I thought this was interesting/funny:

"4.0-6039 - Add Wiimote Battery Controls by RachelBryk

Is it believable that two years ago, someone actually requested a feature for
low battery on emulated Wiimotes? Is it even less believable that someone
implemented it, and then someone else actually merged it? Crazy!
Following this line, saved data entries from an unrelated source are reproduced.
//! How many bytes expressions have, each token with the one that stands after it.
ghost use Rattle.std.specs.Prelude.{◌≡◌, ◌+◌, ◌*◌};
ghost use Rattle.element_lang.specs.Rules.{count_of};
ghost use Rattle.element_lang.specs.Tree.ExprTree.{shift, apply};
ghost use Rattle.element_lang.specs.View.{expr_tree, expr_trees};
ghost use Rattle.element_print.specs.Lengths as lengths;
ghost use Rattle.element_print.specs.Lengths.{capped, lengths_by, nameless};
ghost use Rattle.element_print.specs.Printed as printed;

use crate::lengths::NameLengths;
use crate::place::{Place, mark_of, needs_brackets};
use crate::token_lengths::{
    between_length, brackets_length, field_length, literal_length, mark_length, marks_length,
    name_length, number_length, total,
};
use element_lang::{Expr, Mark};
use gal_bits::{Op, Width};
use packet_fields::Field;

// A reading of a field.
fn read_length(names: &NameLengths<'_>, field: Field) -> u64
    ensures { result ≡ capped (lengths.read_length (lengths_by names.now) field) }
{
    match field {
        Field::MetaPort => names.port,
        _ => field_length(field),
    }
}

// An expression, in brackets where it needs them.
#[cycle(expr_lengths)]
fn part_length(names: &NameLengths<'_>, place: Place, e: &Expr) -> u64
    ensures { result ≡ capped (lengths.brackets_length (printed.needs_brackets place (nameless (expr_tree e.now)))
        + lengths.expr_length (lengths_by names.now) (expr_tree e.now)) }
{
    total(&[
        brackets_length(needs_brackets(place, e)),
        expr_length(names, e),
    ])
}

// Expressions, without what stands between two of them.
#[cycle(expr_lengths)]
fn parts_length(names: &NameLengths<'_>, place: Place, all: &[Expr]) -> u64
    ensures { result ≡ capped (lengths.parts_length (lengths_by names.now) place (expr_trees all.now)) }
{
    let mut bytes: u64 = 0;
    for e in all {
        bytes = bytes.saturating_add(part_length(names, place, e));
    }
    bytes
}

// Expressions with a mark between two of them.
#[cycle(expr_lengths)]
#[tactic(auto, using(crate::proofs::Counted::counted_trees))]
fn listed_length(names: &NameLengths<'_>, place: Place, mark: Mark, all: &[Expr]) -> u64
    ensures { result ≡ capped (lengths.parts_length (lengths_by names.now) place (expr_trees all.now)
        + lengths.between_length mark (count_of (expr_trees all.now))) }
{
    total(&[
        parts_length(names, place, all),
        between_length(mark, all.len()),
    ])
}

// A keyword and its arguments.
#[cycle(expr_lengths)]
fn call_length(names: &NameLengths<'_>, mark: Mark, args: &[Expr]) -> u64
    ensures { result ≡ capped (lengths.call_length mark
        + lengths.exprs_length (lengths_by names.now) (expr_trees args.now)) }
{
    total(&[
        mark_length(mark),
        brackets_length(true),
        listed_length(names, Place::Whole, Mark::Comma, args),
    ])
}

#[cycle(expr_lengths)]
#[tactic(auto, using(crate::proofs::Counted::counted_trees))]
fn cast_length(names: &NameLengths<'_>, width: Width, args: &[Expr]) -> u64
    ensures { result ≡ capped (lengths.expr_length (lengths_by names.now)
        (apply Op.Cast width (expr_trees args.now))) }
{
    total(&[
        mark_length(Mark::Cast),
        brackets_length(true),
        number_length(u64::from(width.bits())),
        parts_length(names, Place::Whole, args),
        marks_length(Mark::Comma, args.len() as u64),
    ])
}

#[cycle(expr_lengths)]
fn shift_length(names: &NameLengths<'_>, op: Op, by: u8, arg: &Expr) -> u64
    ensures { result ≡ capped (lengths.expr_length (lengths_by names.now) (shift op by (expr_tree arg.now))) }
{
    total(&[
        part_length(names, Place::Operand, arg),
        mark_length(mark_of(op)),
        number_length(u64::from(by)),
    ])
}

#[cycle(expr_lengths)]
fn byte_length(names: &NameLengths<'_>, index: &Expr) -> u64
    ensures { result ≡ capped (lengths.call_length Mark.Byte
        + lengths.expr_length (lengths_by names.now) (expr_tree index.now)) }
{
    total(&[
        mark_length(Mark::Byte),
        brackets_length(true),
        expr_length(names, index),
    ])
}

#[cycle(expr_lengths)]
fn not_length(names: &NameLengths<'_>, args: &[Expr]) -> u64
    ensures { result ≡ capped (lengths.expr_length (lengths_by names.now) (apply Op.Not 0 (expr_trees args.now))) }
{
    total(&[
        mark_length(Mark::Tilde),
        listed_length(names, Place::Turned, Mark::Comma, args),
    ])
}

/// The bytes of an expression.
#[cycle(expr_lengths)]
pub(crate) fn expr_length(names: &NameLengths<'_>, e: &Expr) -> u64
    ensures { result ≡ capped (lengths.expr_length (lengths_by names.now) (expr_tree e.now)) }
{
    match e {
        Expr::Lit(value, width) => literal_length(*value, u64::from(width.bits())),
        Expr::Local(x) => name_length(names.locals, *x),
        Expr::Field(field) => read_length(names, *field),
        Expr::Byte(index) => byte_length(names, index),
        Expr::Shift { op, by, arg } => shift_length(names, *op, *by, arg),
        Expr::Apply { op, width, args } => match op {
            Op::Not => not_length(names, args),
            Op::Cast => cast_length(names, *width, args),
            Op::Select => call_length(names, Mark::Select, args),
            Op::Adjust => call_length(names, Mark::Adjust, args),
            _ => listed_length(names, Place::Operand, mark_of(*op), args),
        },
    }
}

/// The bytes of expressions with commas between them.
pub(crate) fn exprs_length(names: &NameLengths<'_>, all: &[Expr]) -> u64
    ensures { result ≡ capped (lengths.exprs_length (lengths_by names.now) (expr_trees all.now)) }
{
    listed_length(names, Place::Whole, Mark::Comma, all)
}
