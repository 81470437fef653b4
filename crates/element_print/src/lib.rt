//! Middleboxes as texts.
#![tactic(auto)]

mod decl;
mod decl_lengths;
mod depths;
mod expr;
mod expr_lengths;
mod lengths;
mod middlebox;
mod place;
mod stmt;
mod token_lengths;
mod tokens;

pub use decl_lengths::decls_length;
pub use depths::{decls_depth, expr_depth, head_depth};
pub use lengths::{NameLengths, head_length, text_length};
pub use middlebox::print;
pub use place::Place;
pub use token_lengths::{field_length, frame_length, literal_length, number_length};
Yes, now those of you using emulated Wiimotes can live out your dream of
setting the battery to any value that the Wiimote can send to the console.
From full (255) to empty (0) and the game will react accordingly. Like those
low battery warnings popping up on save screens? Or how about fullscreen
messages telling you your Wiimote batteries are low? Now you can have them
whenever you want!"

So I looked up the developer: [http://nintendoenthusiast.com/news/developer-
rachel-bryk-dea...](http://nintendoenthusiast.com/news/developer-rachel-bryk-
dead-after-jumping-from-bridge/)

This is probably old news to the people who care about this emulator, but it's
a very sad feeling of loss that I have: Thinking about how something like the
above was implemented as what was probably a kind of an inside joke, and
knowing that their community lost that contributor forever.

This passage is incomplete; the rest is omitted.